== What you have to do ==
Based on the entries below, how many lines contain the word "every"? Respond with only the number.

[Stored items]
^^^^^^^^^^^^^^^^
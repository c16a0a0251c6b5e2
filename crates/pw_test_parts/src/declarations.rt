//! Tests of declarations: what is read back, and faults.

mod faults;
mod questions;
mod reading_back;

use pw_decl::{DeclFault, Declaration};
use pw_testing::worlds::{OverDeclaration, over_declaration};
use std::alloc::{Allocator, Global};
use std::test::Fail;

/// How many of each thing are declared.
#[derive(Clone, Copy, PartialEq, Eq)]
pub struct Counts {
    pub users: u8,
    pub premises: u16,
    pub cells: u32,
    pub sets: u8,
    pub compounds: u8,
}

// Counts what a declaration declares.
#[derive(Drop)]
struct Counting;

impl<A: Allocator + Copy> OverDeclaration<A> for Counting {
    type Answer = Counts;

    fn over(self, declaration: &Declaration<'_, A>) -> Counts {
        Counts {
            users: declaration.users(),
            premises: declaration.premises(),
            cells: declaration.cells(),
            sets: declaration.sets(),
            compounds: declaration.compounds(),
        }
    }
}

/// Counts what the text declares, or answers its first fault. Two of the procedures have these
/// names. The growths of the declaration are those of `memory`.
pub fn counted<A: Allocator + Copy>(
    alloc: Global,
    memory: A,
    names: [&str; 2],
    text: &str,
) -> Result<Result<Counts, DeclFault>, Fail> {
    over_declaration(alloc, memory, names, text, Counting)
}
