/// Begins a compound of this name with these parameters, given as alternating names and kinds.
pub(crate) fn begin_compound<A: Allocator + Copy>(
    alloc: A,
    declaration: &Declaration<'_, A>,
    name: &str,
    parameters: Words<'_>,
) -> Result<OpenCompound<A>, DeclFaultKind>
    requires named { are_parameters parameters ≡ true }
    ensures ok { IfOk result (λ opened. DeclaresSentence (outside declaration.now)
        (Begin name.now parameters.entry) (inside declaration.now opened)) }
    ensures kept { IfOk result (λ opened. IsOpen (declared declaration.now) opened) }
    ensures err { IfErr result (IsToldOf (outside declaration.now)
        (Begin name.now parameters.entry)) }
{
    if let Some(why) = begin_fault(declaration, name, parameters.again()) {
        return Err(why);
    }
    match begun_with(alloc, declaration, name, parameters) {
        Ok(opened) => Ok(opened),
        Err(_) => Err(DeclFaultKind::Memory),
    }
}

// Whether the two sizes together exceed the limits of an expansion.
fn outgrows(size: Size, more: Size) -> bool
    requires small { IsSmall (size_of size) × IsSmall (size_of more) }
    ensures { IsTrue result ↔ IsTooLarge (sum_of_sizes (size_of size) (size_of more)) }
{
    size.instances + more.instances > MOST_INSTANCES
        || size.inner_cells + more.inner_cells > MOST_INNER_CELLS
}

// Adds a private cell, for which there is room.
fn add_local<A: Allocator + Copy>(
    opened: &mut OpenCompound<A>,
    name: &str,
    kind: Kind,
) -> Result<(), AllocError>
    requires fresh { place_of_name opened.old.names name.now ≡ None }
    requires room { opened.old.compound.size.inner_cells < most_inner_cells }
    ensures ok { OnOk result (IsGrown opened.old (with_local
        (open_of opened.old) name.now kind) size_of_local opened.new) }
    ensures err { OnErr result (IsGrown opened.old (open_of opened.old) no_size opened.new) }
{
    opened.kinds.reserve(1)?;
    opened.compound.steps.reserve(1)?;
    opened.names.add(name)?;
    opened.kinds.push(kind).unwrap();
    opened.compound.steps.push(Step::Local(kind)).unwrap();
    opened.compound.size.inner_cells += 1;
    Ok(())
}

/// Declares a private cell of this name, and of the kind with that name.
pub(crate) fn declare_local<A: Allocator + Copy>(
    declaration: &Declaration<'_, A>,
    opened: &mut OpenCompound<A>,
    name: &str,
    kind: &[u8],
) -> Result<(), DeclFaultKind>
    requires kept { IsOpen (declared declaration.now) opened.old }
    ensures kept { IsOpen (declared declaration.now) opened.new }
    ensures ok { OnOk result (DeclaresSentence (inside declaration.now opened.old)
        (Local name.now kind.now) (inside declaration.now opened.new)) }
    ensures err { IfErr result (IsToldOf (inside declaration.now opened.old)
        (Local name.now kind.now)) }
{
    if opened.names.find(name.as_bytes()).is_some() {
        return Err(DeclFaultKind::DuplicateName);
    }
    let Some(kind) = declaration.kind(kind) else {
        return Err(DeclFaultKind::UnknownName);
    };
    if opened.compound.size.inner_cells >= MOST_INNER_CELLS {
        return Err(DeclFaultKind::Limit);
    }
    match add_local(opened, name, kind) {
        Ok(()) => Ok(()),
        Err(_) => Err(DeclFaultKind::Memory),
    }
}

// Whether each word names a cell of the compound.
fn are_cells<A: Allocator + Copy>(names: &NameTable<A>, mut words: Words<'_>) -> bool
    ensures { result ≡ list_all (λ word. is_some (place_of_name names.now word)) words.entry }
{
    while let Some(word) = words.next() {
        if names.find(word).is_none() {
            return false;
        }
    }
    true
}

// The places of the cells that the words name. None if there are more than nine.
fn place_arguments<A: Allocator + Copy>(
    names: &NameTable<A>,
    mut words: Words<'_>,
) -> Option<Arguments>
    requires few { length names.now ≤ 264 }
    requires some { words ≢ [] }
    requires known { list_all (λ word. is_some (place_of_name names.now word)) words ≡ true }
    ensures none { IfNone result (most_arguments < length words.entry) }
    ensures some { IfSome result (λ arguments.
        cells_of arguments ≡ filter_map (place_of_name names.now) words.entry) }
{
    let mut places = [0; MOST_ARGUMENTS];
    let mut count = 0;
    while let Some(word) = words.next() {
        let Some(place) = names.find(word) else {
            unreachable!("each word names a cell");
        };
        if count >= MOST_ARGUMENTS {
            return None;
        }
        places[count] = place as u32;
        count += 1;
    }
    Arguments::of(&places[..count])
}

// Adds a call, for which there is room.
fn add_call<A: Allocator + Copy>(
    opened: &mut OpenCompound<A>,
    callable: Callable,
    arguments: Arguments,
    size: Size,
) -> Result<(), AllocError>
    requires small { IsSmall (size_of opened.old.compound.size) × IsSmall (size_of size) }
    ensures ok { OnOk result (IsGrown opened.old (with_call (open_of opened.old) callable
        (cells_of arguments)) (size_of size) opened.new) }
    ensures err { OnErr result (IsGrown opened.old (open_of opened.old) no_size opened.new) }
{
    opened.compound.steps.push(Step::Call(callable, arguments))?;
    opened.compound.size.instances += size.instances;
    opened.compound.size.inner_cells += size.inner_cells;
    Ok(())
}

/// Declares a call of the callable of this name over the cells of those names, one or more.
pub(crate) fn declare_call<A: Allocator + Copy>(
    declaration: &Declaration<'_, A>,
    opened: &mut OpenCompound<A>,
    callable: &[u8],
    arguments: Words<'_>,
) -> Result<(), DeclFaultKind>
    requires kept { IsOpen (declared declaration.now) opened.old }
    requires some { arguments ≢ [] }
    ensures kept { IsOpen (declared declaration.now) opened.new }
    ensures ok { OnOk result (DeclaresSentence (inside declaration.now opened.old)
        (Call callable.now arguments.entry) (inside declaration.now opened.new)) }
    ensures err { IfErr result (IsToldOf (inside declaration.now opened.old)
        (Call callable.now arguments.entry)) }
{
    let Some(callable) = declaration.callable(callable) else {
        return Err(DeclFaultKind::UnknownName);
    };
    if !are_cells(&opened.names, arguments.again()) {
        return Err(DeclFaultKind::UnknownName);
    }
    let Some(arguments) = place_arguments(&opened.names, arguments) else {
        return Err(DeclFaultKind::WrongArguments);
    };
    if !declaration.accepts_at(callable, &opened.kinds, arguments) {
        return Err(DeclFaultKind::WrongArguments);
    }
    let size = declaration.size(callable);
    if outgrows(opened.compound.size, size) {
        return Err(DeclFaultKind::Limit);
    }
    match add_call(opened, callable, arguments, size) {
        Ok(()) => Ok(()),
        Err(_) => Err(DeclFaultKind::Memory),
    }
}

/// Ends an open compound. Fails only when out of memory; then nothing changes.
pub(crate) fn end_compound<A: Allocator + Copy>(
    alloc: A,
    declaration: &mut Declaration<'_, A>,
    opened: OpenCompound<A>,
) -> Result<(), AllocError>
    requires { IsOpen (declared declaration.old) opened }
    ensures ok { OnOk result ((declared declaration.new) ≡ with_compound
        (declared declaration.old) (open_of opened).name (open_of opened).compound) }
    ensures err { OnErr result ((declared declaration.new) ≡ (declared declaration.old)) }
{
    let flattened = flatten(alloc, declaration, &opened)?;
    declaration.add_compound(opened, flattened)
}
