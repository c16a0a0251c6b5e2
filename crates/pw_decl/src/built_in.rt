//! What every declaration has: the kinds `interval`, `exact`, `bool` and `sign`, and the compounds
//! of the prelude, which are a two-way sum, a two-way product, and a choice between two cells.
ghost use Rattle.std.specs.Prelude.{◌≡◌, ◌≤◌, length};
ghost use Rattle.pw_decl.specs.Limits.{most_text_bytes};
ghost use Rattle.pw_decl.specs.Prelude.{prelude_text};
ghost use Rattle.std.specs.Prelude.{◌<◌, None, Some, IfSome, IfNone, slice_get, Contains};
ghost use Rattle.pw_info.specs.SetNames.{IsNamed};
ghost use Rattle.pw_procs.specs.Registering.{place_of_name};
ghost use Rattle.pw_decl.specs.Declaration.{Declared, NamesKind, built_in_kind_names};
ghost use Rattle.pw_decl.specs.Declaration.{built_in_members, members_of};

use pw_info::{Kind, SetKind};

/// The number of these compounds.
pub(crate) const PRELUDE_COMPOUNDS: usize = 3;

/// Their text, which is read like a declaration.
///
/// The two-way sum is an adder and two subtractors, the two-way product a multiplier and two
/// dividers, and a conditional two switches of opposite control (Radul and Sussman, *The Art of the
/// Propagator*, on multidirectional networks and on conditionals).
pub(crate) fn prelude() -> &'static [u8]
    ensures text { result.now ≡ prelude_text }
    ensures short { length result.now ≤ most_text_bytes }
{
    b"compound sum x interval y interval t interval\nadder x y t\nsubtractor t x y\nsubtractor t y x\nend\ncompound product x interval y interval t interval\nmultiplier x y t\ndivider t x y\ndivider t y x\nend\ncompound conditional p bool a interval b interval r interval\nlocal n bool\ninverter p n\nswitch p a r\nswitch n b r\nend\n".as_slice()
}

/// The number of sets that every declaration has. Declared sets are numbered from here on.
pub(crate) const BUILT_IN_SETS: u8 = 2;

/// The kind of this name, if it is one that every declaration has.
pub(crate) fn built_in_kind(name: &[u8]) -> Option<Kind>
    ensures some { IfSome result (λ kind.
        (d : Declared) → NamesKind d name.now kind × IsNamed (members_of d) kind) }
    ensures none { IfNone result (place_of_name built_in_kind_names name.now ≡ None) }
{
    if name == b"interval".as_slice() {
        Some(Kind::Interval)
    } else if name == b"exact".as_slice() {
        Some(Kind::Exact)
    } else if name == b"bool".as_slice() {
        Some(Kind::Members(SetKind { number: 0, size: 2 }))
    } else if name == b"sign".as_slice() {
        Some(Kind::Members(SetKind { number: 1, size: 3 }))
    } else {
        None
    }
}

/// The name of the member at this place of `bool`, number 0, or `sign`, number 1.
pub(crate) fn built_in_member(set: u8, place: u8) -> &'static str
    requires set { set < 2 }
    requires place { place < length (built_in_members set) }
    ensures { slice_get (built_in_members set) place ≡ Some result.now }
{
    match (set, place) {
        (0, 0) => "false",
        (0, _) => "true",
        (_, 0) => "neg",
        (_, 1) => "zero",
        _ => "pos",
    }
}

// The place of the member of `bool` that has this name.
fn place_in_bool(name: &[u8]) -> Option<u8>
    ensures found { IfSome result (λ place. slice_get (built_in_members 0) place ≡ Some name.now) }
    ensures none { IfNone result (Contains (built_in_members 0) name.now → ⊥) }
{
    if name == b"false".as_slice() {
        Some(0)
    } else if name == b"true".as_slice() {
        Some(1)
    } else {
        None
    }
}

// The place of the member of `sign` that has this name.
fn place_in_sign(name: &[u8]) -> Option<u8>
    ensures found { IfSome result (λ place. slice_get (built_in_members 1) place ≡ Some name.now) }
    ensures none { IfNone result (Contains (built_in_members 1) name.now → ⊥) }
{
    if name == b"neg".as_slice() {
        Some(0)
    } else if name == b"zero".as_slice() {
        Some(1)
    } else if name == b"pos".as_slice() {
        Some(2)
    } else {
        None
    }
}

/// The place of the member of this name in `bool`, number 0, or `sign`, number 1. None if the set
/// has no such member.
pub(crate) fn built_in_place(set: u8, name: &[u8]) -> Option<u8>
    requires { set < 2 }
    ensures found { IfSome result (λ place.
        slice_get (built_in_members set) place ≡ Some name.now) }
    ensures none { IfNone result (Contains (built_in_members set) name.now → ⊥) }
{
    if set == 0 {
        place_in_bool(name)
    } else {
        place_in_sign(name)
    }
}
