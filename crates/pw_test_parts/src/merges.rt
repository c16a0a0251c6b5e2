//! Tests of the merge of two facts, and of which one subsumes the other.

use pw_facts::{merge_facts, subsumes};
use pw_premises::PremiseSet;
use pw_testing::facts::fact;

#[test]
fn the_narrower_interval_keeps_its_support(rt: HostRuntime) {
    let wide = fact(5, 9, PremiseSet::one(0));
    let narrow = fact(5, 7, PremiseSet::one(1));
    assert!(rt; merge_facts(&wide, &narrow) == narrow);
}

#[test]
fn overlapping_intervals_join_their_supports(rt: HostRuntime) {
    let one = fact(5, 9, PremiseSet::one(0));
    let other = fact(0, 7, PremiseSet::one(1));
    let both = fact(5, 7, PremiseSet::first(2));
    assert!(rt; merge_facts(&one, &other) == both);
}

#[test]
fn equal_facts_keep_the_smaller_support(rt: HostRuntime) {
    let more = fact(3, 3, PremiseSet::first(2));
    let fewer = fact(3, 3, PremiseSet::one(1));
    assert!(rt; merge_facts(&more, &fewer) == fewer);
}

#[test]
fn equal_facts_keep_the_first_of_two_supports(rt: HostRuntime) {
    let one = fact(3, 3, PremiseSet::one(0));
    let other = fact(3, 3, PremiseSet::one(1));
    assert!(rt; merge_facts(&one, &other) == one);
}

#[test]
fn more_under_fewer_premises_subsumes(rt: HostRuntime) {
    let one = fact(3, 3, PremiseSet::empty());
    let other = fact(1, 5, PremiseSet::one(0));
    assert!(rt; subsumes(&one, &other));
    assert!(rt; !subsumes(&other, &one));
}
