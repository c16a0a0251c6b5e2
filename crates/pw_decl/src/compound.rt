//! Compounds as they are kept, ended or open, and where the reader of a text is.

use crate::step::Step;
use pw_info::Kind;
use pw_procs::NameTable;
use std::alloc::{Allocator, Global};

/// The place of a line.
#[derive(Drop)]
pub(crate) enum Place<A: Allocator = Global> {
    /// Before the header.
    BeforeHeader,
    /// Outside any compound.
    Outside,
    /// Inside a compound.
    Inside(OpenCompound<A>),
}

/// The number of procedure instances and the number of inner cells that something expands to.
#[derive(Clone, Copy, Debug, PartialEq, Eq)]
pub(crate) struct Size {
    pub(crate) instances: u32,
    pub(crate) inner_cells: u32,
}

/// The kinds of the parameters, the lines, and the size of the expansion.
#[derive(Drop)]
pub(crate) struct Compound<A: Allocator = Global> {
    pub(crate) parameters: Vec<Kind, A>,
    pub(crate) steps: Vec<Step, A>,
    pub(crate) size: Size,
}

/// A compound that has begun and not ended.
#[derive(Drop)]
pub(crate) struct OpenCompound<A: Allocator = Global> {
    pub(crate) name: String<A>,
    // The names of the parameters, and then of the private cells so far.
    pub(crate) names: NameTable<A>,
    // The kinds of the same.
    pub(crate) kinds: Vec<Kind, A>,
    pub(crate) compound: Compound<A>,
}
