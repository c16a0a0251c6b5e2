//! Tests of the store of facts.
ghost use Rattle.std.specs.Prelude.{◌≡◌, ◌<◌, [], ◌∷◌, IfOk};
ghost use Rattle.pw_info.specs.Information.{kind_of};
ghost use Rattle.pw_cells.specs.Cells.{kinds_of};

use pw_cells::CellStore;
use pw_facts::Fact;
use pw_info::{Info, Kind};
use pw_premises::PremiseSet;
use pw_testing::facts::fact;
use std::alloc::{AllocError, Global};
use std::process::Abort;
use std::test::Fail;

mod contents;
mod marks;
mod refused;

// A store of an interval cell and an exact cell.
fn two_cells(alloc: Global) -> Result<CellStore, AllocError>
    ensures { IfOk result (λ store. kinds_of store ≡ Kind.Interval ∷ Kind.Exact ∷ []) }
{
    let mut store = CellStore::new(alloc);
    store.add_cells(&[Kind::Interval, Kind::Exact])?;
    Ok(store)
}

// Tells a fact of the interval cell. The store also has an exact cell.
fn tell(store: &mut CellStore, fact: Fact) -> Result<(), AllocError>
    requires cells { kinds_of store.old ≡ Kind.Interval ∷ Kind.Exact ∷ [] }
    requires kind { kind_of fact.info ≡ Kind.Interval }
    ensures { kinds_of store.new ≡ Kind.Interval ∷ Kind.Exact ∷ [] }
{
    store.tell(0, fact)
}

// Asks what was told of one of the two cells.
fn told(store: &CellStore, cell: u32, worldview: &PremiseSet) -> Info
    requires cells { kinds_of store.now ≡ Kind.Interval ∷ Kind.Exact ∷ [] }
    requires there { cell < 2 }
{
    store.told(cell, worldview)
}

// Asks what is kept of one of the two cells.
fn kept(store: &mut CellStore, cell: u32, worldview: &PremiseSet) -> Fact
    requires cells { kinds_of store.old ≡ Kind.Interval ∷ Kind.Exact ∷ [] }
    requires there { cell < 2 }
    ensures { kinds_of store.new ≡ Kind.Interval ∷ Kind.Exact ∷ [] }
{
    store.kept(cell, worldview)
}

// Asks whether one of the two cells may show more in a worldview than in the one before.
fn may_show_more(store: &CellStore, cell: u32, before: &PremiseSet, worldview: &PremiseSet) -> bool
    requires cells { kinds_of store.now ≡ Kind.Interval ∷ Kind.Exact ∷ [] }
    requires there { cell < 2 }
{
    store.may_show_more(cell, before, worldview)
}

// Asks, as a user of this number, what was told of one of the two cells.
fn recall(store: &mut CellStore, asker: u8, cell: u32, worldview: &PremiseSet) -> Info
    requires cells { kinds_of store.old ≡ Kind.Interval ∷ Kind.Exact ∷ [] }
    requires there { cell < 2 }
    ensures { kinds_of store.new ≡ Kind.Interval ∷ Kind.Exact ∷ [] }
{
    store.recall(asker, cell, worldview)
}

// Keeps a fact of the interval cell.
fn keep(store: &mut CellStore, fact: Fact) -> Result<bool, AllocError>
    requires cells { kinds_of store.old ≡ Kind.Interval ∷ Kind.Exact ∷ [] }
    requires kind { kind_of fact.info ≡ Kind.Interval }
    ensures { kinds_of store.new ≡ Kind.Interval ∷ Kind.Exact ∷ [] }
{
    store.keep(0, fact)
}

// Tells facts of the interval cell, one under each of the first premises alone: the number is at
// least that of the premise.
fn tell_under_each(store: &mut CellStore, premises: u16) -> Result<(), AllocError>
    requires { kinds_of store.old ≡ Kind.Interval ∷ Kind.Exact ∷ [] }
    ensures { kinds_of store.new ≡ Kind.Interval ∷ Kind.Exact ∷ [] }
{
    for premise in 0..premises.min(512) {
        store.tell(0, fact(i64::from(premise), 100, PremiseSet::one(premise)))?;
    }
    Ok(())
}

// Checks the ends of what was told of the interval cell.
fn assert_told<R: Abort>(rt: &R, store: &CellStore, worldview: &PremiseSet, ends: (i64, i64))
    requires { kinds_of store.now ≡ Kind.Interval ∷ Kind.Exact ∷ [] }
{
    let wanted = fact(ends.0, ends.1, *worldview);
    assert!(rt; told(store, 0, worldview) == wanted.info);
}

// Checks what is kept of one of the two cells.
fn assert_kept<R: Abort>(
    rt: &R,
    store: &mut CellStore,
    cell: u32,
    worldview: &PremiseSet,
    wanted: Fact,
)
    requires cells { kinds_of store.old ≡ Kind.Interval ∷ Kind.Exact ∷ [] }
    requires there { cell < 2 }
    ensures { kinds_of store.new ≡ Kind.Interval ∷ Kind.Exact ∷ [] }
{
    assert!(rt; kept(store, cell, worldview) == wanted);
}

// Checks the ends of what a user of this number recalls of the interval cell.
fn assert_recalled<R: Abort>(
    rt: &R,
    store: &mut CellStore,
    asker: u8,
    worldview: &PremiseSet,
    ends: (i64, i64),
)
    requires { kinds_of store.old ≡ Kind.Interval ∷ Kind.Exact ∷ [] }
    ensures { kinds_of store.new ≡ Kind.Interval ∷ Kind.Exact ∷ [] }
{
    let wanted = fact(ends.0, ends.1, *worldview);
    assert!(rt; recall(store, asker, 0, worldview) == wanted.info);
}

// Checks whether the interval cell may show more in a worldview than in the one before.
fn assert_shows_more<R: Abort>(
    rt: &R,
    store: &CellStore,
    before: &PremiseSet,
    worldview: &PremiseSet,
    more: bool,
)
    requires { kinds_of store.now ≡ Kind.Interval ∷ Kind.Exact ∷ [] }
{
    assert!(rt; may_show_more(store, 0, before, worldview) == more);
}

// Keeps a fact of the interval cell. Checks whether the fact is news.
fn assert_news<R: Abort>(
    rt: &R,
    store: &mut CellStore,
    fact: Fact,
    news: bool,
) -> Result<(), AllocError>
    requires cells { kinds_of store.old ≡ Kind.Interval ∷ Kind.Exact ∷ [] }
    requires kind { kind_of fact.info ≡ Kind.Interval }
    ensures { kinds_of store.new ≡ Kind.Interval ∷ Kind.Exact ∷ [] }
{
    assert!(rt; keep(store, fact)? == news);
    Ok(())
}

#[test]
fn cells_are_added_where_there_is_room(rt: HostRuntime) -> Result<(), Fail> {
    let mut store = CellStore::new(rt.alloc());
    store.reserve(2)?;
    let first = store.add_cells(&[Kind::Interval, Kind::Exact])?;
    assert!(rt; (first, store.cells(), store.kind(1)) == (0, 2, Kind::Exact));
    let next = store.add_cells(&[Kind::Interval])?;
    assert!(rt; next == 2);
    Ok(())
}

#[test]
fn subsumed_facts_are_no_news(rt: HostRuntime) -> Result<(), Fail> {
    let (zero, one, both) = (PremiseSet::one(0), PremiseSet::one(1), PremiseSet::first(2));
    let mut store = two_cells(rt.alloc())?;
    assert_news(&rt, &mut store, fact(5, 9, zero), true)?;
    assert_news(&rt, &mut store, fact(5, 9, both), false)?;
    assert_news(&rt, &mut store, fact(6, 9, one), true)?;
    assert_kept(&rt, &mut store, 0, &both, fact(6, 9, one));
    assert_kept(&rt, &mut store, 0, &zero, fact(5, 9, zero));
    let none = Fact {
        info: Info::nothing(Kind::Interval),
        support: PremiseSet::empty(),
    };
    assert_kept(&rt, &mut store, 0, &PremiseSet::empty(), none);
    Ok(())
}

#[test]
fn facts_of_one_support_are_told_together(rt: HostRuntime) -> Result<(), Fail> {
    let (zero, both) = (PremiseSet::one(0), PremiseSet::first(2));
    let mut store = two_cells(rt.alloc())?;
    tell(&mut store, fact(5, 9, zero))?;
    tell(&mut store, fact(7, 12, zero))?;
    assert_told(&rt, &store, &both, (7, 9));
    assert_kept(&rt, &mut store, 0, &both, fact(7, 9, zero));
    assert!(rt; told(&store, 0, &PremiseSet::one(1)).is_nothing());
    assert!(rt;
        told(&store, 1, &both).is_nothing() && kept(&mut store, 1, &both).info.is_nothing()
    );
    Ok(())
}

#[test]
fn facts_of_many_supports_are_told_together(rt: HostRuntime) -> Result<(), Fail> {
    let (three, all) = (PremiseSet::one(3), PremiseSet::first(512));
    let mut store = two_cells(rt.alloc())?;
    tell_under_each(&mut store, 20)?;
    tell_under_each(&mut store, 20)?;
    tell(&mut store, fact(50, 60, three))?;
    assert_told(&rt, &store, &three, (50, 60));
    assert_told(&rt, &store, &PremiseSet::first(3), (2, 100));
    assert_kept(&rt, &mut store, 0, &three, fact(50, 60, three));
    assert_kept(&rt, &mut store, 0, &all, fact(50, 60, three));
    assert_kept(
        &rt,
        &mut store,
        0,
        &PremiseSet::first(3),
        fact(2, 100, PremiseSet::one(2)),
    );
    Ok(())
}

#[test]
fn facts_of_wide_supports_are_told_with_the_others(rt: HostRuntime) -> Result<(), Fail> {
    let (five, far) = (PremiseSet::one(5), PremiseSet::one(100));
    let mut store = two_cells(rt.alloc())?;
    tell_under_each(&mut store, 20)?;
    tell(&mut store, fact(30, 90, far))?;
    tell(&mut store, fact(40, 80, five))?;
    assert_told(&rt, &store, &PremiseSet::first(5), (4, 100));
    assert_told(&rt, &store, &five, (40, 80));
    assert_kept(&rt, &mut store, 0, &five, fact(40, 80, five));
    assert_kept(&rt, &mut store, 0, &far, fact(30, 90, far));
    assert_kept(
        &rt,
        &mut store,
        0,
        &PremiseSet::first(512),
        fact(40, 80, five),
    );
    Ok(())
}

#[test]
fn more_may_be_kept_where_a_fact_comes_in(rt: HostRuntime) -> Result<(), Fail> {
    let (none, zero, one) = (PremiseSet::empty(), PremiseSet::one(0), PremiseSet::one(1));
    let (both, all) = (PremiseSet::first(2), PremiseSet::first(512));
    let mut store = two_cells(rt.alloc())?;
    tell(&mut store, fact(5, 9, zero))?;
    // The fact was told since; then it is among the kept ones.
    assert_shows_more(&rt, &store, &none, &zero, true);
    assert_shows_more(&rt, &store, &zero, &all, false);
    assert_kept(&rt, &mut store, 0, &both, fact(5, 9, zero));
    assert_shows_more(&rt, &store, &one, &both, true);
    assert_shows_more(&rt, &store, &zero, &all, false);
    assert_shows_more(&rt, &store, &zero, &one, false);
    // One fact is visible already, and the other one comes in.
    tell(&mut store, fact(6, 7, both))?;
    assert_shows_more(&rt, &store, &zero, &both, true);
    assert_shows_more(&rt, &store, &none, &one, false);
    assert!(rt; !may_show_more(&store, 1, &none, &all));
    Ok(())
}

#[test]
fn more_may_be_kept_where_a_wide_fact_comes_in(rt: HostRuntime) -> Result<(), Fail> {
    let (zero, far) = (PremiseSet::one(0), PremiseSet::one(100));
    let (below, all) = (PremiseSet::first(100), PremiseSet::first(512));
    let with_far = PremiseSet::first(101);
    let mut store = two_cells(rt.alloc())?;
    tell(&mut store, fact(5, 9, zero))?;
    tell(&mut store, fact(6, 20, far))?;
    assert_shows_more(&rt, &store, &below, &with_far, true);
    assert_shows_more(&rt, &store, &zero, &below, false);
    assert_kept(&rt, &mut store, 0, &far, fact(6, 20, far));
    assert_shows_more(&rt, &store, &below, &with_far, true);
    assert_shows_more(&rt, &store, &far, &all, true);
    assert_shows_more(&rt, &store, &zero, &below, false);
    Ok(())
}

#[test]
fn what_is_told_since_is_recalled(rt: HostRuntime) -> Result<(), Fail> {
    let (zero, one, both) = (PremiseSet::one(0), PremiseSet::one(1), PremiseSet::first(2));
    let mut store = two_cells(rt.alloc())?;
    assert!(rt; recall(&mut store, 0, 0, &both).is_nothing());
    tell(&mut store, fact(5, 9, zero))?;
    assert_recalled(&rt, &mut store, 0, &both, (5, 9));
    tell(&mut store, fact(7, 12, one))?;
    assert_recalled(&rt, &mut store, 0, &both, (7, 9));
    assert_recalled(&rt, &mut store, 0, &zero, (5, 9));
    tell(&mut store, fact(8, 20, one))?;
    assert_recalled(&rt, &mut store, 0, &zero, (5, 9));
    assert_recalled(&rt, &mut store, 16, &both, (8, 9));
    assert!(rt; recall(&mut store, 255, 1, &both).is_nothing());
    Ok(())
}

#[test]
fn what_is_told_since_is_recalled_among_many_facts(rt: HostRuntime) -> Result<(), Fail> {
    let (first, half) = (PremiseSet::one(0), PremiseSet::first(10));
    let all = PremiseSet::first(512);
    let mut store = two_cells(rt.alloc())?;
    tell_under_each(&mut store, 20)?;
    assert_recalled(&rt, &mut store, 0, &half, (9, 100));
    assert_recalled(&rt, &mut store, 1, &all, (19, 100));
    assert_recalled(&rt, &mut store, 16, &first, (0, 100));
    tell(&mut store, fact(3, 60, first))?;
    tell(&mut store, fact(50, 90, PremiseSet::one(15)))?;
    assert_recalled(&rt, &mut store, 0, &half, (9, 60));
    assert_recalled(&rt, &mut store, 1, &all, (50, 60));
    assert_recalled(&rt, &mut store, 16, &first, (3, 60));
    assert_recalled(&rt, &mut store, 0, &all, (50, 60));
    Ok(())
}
^^^^^^^^^^^^^^^^
== Exercise response ==
3